DIANA An End to End Hybrid DIgital and ANAlog Neural Network SoC for the Edge

DIANA An End to End Hybrid DIgital and ANAlog Neural Network SoC for the Edge

Abstract:

DIgital-ANAlog (DIANA), a heterogeneous multi-core accelerator, combines a reduced instruction set computer - five (RISC-V) host processor with an analog in-memory computing (AIMC) artificial intelligence (AI) accelerator and a digital reconfigurable deep neural network (DNN) accelerator in a single system-on-chip (SoC) to support a wide variety of neural network (NN) workloads. AIMC cores can bring extreme computational parallelism and efficiency at the expense of accuracy and dataflow flexibility. Digital AI co-processors, on the other hand, guarantee accuracy through deterministic compute, but cannot achieve the same computational density and efficiency.

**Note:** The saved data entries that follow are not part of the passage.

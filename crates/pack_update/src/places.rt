//! Where old nodes stand.

ghost use Rattle.std.specs.Prelude.{◌≡◌, ◌<◌, ◌≤◌, ◌-◌, ◌^◌, ℕ, IfErr, IfOk, List, Option, Some, length};
ghost use Rattle.node_pack.specs.Packs.{Kept};
ghost use Rattle.node_pack.specs.Placed.{HasNodesAt};
ghost use Rattle.node_pack.specs.Sources.{IsOver};
ghost use Rattle.node_pack.specs.declared.place.Place.{Place as NodePlace};
ghost use Rattle.pack_update.specs.internal.Updating.{IsOfSource};

use crate::fault::AddFault;
use node_pack::{PackSource, Place, ReadAt};
use outside_shelf::{NodeSource, Refused, SourceFault};
use std::alloc::Global;
use tree_node::Digest;

/// A source over the file that knows where the children of the nodes that go stand. The manifest stands at this place.
///
/// An old child of a new node was the child of a node that goes: below a node that stays nothing changes. So the source knows
/// where the old children of all new nodes stand.
///
/// Refused with `Source` where a node isn't given.
pub(crate) fn known_places<F: ReadAt + Drop>(
    alloc: Global,
    file: F,
    root: &Digest,
    place: Place,
    gone: &[Digest],
) -> Result<PackSource<F>, AddFault>
    // Where the file has nodes at places it knows none but these.
    ensures over { (bytes : List ℕ) (place_of : List ℕ → Option NodePlace) (old : List Kept)
        → F.reads file bytes → HasNodesAt bytes (2 ^ 64 - 1) place_of old
        → place_of root.now.0 ≡ Some place → place.at < 2 ^ 64 - 1
        → IfOk result (λ source. IsOver F.reads place_of source root.now.0 old) }
    ensures told { IfErr result IsOfSource }
{
    let mut source = PackSource::open_at(alloc, file, *root, place)?;
    learn(alloc, &mut source, gone)?;
    Ok(source)
}

/// Reads those of these nodes to which it is led from the root. A node is read once its place is known, so the list is gone
/// through as often as that is so of one more: once a level of the trees at most.
fn learn<F: ReadAt + Drop>(
    alloc: Global,
    source: &mut PackSource<F>,
    gone: &[Digest],
) -> Result<(), AddFault>
    ensures over { (place_of : List ℕ → Option NodePlace) (root : List ℕ) (old : List Kept)
        → IsOver F.reads place_of source.old root old
        → IsOver F.reads place_of source.new root old }
    ensures told { IfErr result IsOfSource }
{
    let mut node = Vec::new(alloc);
    let mut before = gone.len();
    let mut unknown = read_known(alloc, source, gone, &mut node)?;
    while unknown.len() < before {
        before = unknown.len();
        unknown = read_known(alloc, source, unknown.as_slice(), &mut node)?;
    }
    Ok(())
}

/// Reads those of these nodes whose place is known, and gives the digests of the others.
fn read_known<F: ReadAt + Drop>(
    alloc: Global,
    source: &mut PackSource<F>,
    keys: &[Digest],
    node: &mut Vec<u8>,
) -> Result<Vec<Digest>, AddFault>
    ensures over { (place_of : List ℕ → Option NodePlace) (root : List ℕ) (old : List Kept)
        → IsOver F.reads place_of source.old root old
        → IsOver F.reads place_of source.new root old }
    ensures told { IfErr result IsOfSource }
{
    let mut unknown = Vec::new(alloc);
    for key in keys {
        node.clear();
        match source.read_node(key, usize::MAX, node) {
            Ok(()) => {}
            Err(SourceFault::Absent) => {
                if unknown.push(*key).is_err() {
                    return Err(AddFault::Source(Refused::Memory));
                }
            }
            Err(fault) => return Err(AddFault::Source(Refused::from(fault))),
        }
    }
    Ok(unknown)
}
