//! The plan of the next publication.

ghost use Rattle.std.specs.Prelude.{◌≡◌, ℕ, IfErr, IfOk, List};
ghost use Rattle.osm_keys.specs.Publications.{Publication};
ghost use Rattle.pack_update.specs.Adding.{IsRootOf};
ghost use Rattle.pack_update.specs.internal.Updating.{AreAllBytes, IsAlone, IsEarlyReason, IsPlannedFor, IsUnreadOr, fault_of_plan};

use crate::fault::AddFault;
use crate::under::{fetch_manifest, not_given};
use bumpalo::Bump;
use node_pack::{PackSource, Place, ReadAt};
use opl_codec::Change;
use osm_index::{UpdateFault, UpdatePlan};
use osm_keys::Manifest;
use outside_shelf::{OutsideShelf, Refused};
use std::alloc::Global;
use tree_node::Digest;

/// How changes turn a publication into the next one, and the manifest of the publication.
#[derive(Drop)]
pub(crate) struct Planned {
    pub(crate) manifest: Manifest,
    pub(crate) plan: UpdatePlan,
}

/// Plans what changes make of the publication with this root, whose manifest stands at this place of the file.
pub(crate) fn plan_changes<F: ReadAt + Drop>(
    alloc: Global,
    file: F,
    root: &Digest,
    manifest: Place,
    changes: &[Change],
) -> Result<Planned, AddFault>
    // Unless one of these bytes, which it has read, and a different node have one digest:
    ensures under { (seen : List (List ℕ)) × AreAllBytes seen
        × ((p : Publication) → IsRootOf p root.now.0 → IsAlone p seen
        → IfOk result (IsPlannedFor p root.now.0 changes.now)
        × IfErr result (IsEarlyReason p changes.now)) }
    ensures unread { IfErr result (IsUnreadOr root.now.0) }
{
    let arena = Bump::new(alloc);
    let source = PackSource::open_at(alloc, file, *root, manifest)?;
    let mut shelf = OutsideShelf::new(alloc, &arena, source, None);
    let manifest = fetch_manifest(&mut shelf, root)?;
    match UpdatePlan::new(alloc, &mut shelf, &manifest, changes) {
        Ok(plan) => Ok(Planned { manifest, plan }),
        Err(fault) => Err(plan_fault(fault, shelf.refused())),
    }
}

/// What is told of a plan that is refused, beside the reason why the shelf gave no node.
fn plan_fault(fault: UpdateFault, reason: Option<Refused>) -> AddFault
    ensures { result ≡ fault_of_plan fault reason }
{
    match fault {
        UpdateFault::Apply(fault) => AddFault::Apply(fault),
        UpdateFault::Missing => not_given(reason),
        UpdateFault::NoTree => AddFault::NoTree,
    }
}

DIANA exploits this fundamental tradeoff by integrating both types of cores in a shared and optimized memory system, to enable seamless execution of the workloads on the parallel cores. The system’s performance benefits further from pipelined parallel execution across both accelerator cores and enhanced AIMC spatial unrolling techniques, leading to drastically reduced execution latency and reduced memory footprints. The design has been implemented in a 22-nm technology and achieves peak efficiencies of 600 TOP/s/W for the AIMC core (I/W/O: 7/1.5/6 bit) and 14 TOP/s/W (I/W/O: 8/8/8 bit) for the digital accelerator, respectively. End-to-end performance evaluation of CIFAR-10 and ImageNet classification workloads is carried out on the chip, reporting 7.02 and 5.56 TOP/s/W, respectively, at the system level.